### WORK REQUIRED
In the data that follows, find the line with "value: 0, mask: 3"; transcribe it, every later line up to the one with "pub fn read_value(field: NamedField, text: &[u8])", and that line as well, exactly and with no others.
** Opening EXERCISE DATA block **
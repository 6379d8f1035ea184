ghost use Rattle.std.specs.Prelude.{◌≡◌, ℕ, ◌<◌, ◌≤◌, ◌^◌, IfSome};
ghost use Rattle.std.specs.Option.{option_map, option_and_then};
ghost use Rattle.spec_base.specs.Bits.{all_bits};
ghost use Rattle.spec_actions.specs.Named.{named};
ghost use Rattle.spec_flow_text.specs.Numbers.{number_upto, last_port, nonzero};
ghost use Rattle.spec_flow_text.specs.Names.{meaning_of};
ghost use Rattle.spec_flow_text.specs.Values as values;
ghost use Rattle.field_text.specs.Views.{bits_view, limit, AreBelow, Fits};

use crate::words::meaning_of;
use named_fields::{low_bits, named};
use spec_actions::NamedField;
use spec_flow_text::ValueForm;
use text_numbers::{
    LAST_PORT, as_port, cut_at, read_ipv4, read_ipv4_mask, read_ipv6, read_ipv6_mask, read_mac,
    read_number,
};

/// Bits of a named field: a value as it is written, and the mask of the bits that count.
#[derive(Clone, Copy)]
pub struct Bits {
    pub value: u128,
    pub mask: u128,
}

/// The same bits, of which those outside the mask are 0.
pub fn within_mask(bits: Bits) -> Bits
    ensures value { bits_view result ≡ values.within_mask (bits_view bits) }
    ensures below { (width : ℕ) → AreBelow width bits → AreBelow width result }
{
    Bits {
        value: bits.value & bits.mask,
        mask: bits.mask,
    }
}

fn form_of(field: NamedField) -> ValueForm
    ensures { result ≡ values.form_of field }
{
    match field {
        NamedField::InPort => ValueForm::Port,
        NamedField::DlSrc | NamedField::DlDst | NamedField::ArpSha | NamedField::ArpTha => {
            ValueForm::Mac
        }
        NamedField::NwSrc | NamedField::NwDst | NamedField::ArpSpa | NamedField::ArpTpa => {
            ValueForm::Ipv4
        }
        NamedField::Ipv6Src | NamedField::Ipv6Dst => ValueForm::Ipv6,
        NamedField::IpFrag => ValueForm::Fragment,
        _ => ValueForm::Number,
    }
}

// All bits of a named field.
pub fn bits_of(field: NamedField) -> u128
    ensures { result ≡ all_bits (named field).bits }
{
    low_bits(named(field).bits)
}

// Types and codes of ICMP and ICMPv6 have 8 bits (RFC 792, RFC 4443), and stand in ports, which have 16.
const LAST_ICMP: u128 = 255;

// The greatest number of a named field.
fn most_of(field: NamedField) -> u128
    ensures { result ≡ values.most_of field }
{
    match field {
        NamedField::IcmpType
        | NamedField::IcmpCode
        | NamedField::Icmpv6Type
        | NamedField::Icmpv6Code => LAST_ICMP,
        _ => bits_of(field),
    }
}

fn read_port(text: &[u8]) -> Option<u16>
    ensures { result ≡ option_and_then nonzero (number_upto last_port text.now) }
{
    let number = read_number(text, u128::from(LAST_PORT))?;
    as_port(number)
}

// A value in its form, at most so much where it is a number.
#[tactic(auto, unfolding(spec_flow_text::specs::Values::value_in))]
fn read_in_form(form: ValueForm, most: u128, text: &[u8]) -> Option<u128>
    ensures value { result ≡ values.value_in form most text.now }
    ensures fits { IfSome result (λ value. value < limit form most) }
{
    match form {
        ValueForm::Port => read_port(text).map(u128::from),
        ValueForm::Number => read_number(text, most),
        ValueForm::Mac => read_mac(text).map(u128::from),
        ValueForm::Ipv4 => read_ipv4(text).map(u128::from),
        ValueForm::Ipv6 => read_ipv6(text),
        ValueForm::Fragment => None,
    }
}

// A mask, in the form of its value; that of an IP address may be a length.
#[tactic(auto, unfolding(spec_flow_text::specs::Values::mask_in))]
fn read_mask(form: ValueForm, most: u128, text: &[u8]) -> Option<u128>
    ensures value { result ≡ values.mask_in form most text.now }
    ensures fits { IfSome result (λ mask. mask < limit form most) }
{
    match form {
        ValueForm::Number => read_number(text, most),
        ValueForm::Mac => read_mac(text).map(u128::from),
        ValueForm::Ipv4 => read_ipv4_mask(text).map(u128::from),
        ValueForm::Ipv6 => read_ipv6_mask(text),
        ValueForm::Port | ValueForm::Fragment => None,
    }
}

/// The value of a whole field: all its bits count.
#[tactic(auto, unfolding(spec_flow_text::specs::Values::whole_value))]
pub fn read_whole_value(field: NamedField, text: &[u8]) -> Option<Bits>
    ensures value { option_map bits_view result ≡ values.whole_value field text.now }
    ensures fits { IfSome result (λ bits. Fits field bits) }
{
    let value = read_in_form(form_of(field), most_of(field), text)?;
    Some(Bits {
        value,
        mask: bits_of(field),
    })
}

// A value and a mask, where a match may mask the field.
#[tactic(auto, unfolding(spec_flow_text::specs::Values::masked_value))]
fn read_masked_value(field: NamedField, value: &[u8], mask: &[u8]) -> Option<Bits>
    ensures value { option_map bits_view result ≡ values.masked_value field (value.now, mask.now) }
    ensures fits { IfSome result (λ bits. Fits field bits) }
{
    let value = read_in_form(form_of(field), most_of(field), value)?;
    let mask = read_mask(form_of(field), most_of(field), mask)?;
    if named(field).maskable {
        Some(Bits { value, mask })
    } else {
        None
    }
}

// The kinds of fragments (ovs-fields(7), ip_frag).
const FRAGMENT_WORDS: [(&str, Bits); 5] = [
    ("no", Bits { value: 0, mask: 3 }),
    ("first", Bits { value: 1, mask: 3 }),
    ("later", Bits { value: 3, mask: 3 }),
    ("yes", Bits { value: 1, mask: 1 }),
    ("not_later", Bits { value: 0, mask: 2 }),
];

fn read_fragment(text: &[u8]) -> Option<Bits>
    ensures value { option_map bits_view result ≡ meaning_of values.fragment_words text.now }
    ensures fits { IfSome result (λ bits. Fits NamedField.IpFrag bits) }
{
    meaning_of(&FRAGMENT_WORDS, text)
}

/// What `VALUE` or `VALUE/MASK` says of a named field.
#[tactic(auto, unfolding(spec_flow_text::specs::Values::value_of))]
pub fn read_value(field: NamedField, text: &[u8]) -> Option<Bits>
    ensures value { option_map bits_view result ≡ values.value_of field text.now }
    ensures fits { IfSome result (λ bits. Fits field bits) }
{
    if let NamedField::IpFrag = field {
        return read_fragment(text);
    }
    match cut_at(text, b'/') {
        Some((value, mask)) => read_masked_value(field, value, mask),
        None => read_whole_value(field, text),
    }
}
** Closing EXERCISE DATA block **
### RESULT BELOW
    ("no", Bits { value: 0, mask: 3 }),
    ("first", Bits { value: 1, mask: 3 }),
    ("later", Bits { value: 3, mask: 3 }),
    ("yes", Bits { value: 1, mask: 1 }),
    ("not_later", Bits { value: 0, mask: 2 }),
];

fn read_fragment(text: &[u8]) -> Option<Bits>
    ensures value { option_map bits_view result ≡ meaning_of values.fragment_words text.now }
    ensures fits { IfSome result (λ bits. Fits NamedField.IpFrag bits) }
{
    meaning_of(&FRAGMENT_WORDS, text)
}

/// What `VALUE` or `VALUE/MASK` says of a named field.
#[tactic(auto, unfolding(spec_flow_text::specs::Values::value_of))]
pub fn read_value(field: NamedField, text: &[u8]) -> Option<Bits>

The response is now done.